[[ Recorded information, beginning ]]

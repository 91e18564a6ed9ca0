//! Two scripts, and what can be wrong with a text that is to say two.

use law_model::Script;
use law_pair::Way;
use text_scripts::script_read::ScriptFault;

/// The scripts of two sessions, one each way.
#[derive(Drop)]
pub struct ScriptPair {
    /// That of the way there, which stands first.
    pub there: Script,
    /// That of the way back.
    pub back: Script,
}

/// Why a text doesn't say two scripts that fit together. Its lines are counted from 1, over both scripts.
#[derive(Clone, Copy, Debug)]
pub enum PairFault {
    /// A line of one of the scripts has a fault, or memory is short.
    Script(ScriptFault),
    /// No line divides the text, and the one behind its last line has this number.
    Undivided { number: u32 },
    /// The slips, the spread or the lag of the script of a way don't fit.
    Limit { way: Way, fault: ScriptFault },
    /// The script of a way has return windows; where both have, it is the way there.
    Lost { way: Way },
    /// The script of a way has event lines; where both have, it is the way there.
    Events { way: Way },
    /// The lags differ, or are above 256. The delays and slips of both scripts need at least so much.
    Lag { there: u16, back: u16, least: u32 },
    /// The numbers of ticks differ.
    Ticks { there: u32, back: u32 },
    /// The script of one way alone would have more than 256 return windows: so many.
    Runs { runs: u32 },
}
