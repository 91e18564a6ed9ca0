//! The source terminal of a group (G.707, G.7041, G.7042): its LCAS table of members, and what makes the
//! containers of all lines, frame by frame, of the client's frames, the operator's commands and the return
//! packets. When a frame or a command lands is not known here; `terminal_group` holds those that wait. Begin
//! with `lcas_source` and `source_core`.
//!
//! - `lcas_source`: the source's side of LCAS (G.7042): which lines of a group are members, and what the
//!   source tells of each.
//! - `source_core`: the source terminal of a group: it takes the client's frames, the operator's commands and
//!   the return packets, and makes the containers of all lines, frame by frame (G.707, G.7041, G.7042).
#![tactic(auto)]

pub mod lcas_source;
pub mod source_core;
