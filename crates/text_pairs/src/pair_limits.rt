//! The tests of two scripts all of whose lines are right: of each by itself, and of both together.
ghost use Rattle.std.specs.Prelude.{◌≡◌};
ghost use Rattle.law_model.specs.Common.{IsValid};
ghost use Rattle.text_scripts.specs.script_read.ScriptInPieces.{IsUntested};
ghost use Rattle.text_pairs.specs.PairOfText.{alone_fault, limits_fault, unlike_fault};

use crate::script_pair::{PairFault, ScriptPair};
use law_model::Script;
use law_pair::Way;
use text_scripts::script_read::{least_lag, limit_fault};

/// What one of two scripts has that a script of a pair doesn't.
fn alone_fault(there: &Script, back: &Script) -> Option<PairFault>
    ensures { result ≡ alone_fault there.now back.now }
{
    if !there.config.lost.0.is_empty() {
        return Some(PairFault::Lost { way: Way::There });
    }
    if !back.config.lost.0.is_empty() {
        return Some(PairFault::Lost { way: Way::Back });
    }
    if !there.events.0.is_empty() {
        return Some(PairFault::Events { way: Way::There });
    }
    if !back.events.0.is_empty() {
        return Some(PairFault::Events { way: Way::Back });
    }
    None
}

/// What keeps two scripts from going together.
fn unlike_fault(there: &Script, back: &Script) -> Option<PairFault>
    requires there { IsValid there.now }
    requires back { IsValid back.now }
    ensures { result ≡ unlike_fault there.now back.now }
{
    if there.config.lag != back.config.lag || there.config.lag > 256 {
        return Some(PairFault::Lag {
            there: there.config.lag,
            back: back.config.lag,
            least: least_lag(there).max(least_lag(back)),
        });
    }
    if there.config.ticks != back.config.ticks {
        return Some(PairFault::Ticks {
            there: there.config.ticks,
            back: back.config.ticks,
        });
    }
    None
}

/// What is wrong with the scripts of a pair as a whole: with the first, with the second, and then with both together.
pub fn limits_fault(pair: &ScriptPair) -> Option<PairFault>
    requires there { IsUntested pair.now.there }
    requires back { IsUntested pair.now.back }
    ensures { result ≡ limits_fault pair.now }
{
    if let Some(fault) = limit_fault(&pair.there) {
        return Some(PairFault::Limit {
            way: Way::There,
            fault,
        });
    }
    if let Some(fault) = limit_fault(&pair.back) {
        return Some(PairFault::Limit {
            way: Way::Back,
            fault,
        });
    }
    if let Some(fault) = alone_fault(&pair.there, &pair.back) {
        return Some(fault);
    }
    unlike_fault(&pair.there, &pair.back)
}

[[ Recorded information, end ]]
[[ Recorded information, beginning ]]

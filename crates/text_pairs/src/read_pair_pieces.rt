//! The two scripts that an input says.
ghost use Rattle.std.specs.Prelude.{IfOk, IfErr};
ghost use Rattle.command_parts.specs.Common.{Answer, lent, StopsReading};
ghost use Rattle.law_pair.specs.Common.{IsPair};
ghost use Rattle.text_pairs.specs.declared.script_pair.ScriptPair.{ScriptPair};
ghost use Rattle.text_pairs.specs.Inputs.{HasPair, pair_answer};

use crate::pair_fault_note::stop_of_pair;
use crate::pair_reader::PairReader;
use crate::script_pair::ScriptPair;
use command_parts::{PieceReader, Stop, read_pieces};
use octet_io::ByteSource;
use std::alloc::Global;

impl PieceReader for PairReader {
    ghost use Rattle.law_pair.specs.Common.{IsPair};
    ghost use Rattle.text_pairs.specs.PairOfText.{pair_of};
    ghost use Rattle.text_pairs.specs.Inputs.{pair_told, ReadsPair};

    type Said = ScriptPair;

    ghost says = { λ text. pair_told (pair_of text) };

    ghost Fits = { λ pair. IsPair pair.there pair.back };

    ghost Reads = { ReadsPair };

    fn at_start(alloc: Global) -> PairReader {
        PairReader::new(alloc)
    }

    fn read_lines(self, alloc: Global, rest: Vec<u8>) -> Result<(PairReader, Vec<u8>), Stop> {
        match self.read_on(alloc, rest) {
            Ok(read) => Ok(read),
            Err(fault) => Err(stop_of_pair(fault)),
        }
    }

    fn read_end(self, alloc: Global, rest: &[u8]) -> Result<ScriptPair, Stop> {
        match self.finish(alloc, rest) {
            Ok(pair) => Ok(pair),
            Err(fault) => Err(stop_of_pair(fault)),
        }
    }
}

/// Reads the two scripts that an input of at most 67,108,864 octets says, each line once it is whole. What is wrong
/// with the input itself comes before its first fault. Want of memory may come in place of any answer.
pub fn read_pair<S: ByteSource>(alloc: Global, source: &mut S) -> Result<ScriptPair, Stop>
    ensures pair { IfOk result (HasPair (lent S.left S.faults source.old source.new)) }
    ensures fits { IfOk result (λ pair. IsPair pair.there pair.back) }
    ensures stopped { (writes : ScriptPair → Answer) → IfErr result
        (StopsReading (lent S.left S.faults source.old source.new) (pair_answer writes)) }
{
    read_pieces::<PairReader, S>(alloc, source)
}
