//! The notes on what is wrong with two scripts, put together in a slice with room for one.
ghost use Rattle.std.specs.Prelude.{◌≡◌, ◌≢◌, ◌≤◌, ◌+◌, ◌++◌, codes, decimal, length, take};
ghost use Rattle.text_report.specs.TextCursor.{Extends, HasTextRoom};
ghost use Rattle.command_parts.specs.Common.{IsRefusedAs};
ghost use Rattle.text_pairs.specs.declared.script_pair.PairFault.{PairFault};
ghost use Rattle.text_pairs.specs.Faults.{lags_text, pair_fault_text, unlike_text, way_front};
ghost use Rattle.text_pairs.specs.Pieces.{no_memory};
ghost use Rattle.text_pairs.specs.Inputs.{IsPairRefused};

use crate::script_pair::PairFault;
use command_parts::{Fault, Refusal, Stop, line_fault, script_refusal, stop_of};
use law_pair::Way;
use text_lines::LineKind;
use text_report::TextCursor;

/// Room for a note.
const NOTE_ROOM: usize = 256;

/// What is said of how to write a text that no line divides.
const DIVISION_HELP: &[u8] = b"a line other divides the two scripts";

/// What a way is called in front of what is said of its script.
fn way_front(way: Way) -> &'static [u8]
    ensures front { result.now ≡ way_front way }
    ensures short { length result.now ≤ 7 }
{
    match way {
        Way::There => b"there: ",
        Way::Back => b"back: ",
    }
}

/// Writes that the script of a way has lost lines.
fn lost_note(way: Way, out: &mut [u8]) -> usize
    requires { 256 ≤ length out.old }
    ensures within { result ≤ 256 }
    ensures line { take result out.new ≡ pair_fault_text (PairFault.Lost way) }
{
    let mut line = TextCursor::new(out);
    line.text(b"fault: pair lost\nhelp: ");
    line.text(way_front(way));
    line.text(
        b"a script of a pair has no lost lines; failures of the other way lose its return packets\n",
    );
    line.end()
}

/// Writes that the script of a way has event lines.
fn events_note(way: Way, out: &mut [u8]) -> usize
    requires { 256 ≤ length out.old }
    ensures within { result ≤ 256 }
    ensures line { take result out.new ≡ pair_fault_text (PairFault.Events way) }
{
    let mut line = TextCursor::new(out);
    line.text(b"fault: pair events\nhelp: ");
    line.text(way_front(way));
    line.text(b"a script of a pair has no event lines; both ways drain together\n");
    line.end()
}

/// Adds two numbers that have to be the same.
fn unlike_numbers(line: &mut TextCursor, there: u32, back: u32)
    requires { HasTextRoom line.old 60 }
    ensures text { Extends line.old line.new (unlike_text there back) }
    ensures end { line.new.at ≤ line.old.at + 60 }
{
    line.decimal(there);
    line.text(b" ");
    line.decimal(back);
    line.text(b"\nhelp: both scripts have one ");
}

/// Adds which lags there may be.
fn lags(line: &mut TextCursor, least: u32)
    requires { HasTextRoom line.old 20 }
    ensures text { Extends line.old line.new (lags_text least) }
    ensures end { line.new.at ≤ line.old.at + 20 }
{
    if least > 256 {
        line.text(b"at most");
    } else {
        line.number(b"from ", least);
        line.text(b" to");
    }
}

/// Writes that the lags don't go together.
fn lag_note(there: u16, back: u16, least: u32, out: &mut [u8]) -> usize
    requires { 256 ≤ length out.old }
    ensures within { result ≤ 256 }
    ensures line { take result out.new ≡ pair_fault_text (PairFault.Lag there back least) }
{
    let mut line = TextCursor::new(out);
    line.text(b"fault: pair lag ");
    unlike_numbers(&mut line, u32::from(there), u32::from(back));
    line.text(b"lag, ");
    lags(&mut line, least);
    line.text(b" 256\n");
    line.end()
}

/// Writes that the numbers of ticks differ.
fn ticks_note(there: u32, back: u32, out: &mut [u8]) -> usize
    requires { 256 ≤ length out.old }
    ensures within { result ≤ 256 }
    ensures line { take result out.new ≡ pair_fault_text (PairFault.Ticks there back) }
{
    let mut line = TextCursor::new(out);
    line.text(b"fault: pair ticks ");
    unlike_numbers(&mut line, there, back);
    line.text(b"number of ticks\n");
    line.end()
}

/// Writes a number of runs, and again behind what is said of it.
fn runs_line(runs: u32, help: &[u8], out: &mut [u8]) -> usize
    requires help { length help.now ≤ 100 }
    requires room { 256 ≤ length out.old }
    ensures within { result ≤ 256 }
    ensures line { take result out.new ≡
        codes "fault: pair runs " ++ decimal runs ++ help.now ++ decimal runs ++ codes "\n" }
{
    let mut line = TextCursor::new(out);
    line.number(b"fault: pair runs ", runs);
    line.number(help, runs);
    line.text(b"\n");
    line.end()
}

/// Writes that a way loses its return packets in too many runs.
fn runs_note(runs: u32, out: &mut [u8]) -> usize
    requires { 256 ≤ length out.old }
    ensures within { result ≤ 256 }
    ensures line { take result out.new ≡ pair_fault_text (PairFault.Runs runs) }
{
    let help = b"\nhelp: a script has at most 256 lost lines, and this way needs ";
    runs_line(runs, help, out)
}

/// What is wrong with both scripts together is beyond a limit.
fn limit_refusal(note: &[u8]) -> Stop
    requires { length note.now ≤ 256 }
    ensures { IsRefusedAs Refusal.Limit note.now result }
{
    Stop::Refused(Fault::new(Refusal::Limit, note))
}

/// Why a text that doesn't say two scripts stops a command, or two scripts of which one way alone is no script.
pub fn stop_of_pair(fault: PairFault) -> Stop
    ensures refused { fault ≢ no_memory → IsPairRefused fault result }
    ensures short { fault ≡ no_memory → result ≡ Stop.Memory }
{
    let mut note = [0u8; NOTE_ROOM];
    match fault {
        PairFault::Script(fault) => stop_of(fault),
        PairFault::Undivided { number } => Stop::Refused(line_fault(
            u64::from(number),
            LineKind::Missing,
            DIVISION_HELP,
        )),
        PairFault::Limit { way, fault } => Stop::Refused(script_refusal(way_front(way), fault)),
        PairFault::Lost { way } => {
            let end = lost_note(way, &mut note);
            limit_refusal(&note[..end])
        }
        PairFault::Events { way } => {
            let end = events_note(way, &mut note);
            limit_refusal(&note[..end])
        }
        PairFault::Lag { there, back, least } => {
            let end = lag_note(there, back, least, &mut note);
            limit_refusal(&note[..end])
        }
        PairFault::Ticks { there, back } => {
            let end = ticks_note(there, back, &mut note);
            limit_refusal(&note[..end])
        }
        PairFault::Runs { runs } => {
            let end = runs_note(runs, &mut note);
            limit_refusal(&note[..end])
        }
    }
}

[[ Recorded information, end ]]

_Exercise objective_
There is a run of lines above from the one with "line.old.at + 60" to the one with "too many runs."; print exactly that run, both ends included, and nothing else.

_Solution for this exercise_
    ensures end { line.new.at ≤ line.old.at + 60 }
{
    line.decimal(there);
    line.text(b" ");
    line.decimal(back);
    line.text(b"\nhelp: both scripts have one ");
}

/// Adds which lags there may be.
fn lags(line: &mut TextCursor, least: u32)
    requires { HasTextRoom line.old 20 }
    ensures text { Extends line.old line.new (lags_text least) }
    ensures end { line.new.at ≤ line.old.at + 20 }
{
    if least > 256 {
        line.text(b"at most");
    } else {
        line.number(b"from ", least);
        line.text(b" to");
    }
}

/// Writes that the lags don't go together.
fn lag_note(there: u16, back: u16, least: u32, out: &mut [u8]) -> usize
    requires { 256 ≤ length out.old }
    ensures within { result ≤ 256 }
    ensures line { take result out.new ≡ pair_fault_text (PairFault.Lag there back least) }
{
    let mut line = TextCursor::new(out);
    line.text(b"fault: pair lag ");
    unlike_numbers(&mut line, u32::from(there), u32::from(back));
    line.text(b"lag, ");
    lags(&mut line, least);
    line.text(b" 256\n");
    line.end()
}

/// Writes that the numbers of ticks differ.
fn ticks_note(there: u32, back: u32, out: &mut [u8]) -> usize
    requires { 256 ≤ length out.old }
    ensures within { result ≤ 256 }
    ensures line { take result out.new ≡ pair_fault_text (PairFault.Ticks there back) }
{
    let mut line = TextCursor::new(out);
    line.text(b"fault: pair ticks ");
    unlike_numbers(&mut line, there, back);
    line.text(b"number of ticks\n");
    line.end()
}

/// Writes a number of runs, and again behind what is said of it.
fn runs_line(runs: u32, help: &[u8], out: &mut [u8]) -> usize
    requires help { length help.now ≤ 100 }
    requires room { 256 ≤ length out.old }
    ensures within { result ≤ 256 }
    ensures line { take result out.new ≡
        codes "fault: pair runs " ++ decimal runs ++ help.now ++ decimal runs ++ codes "\n" }
{
    let mut line = TextCursor::new(out);
    line.number(b"fault: pair runs ", runs);
    line.number(help, runs);
    line.text(b"\n");
    line.end()
}

/// Writes that a way loses its return packets in too many runs.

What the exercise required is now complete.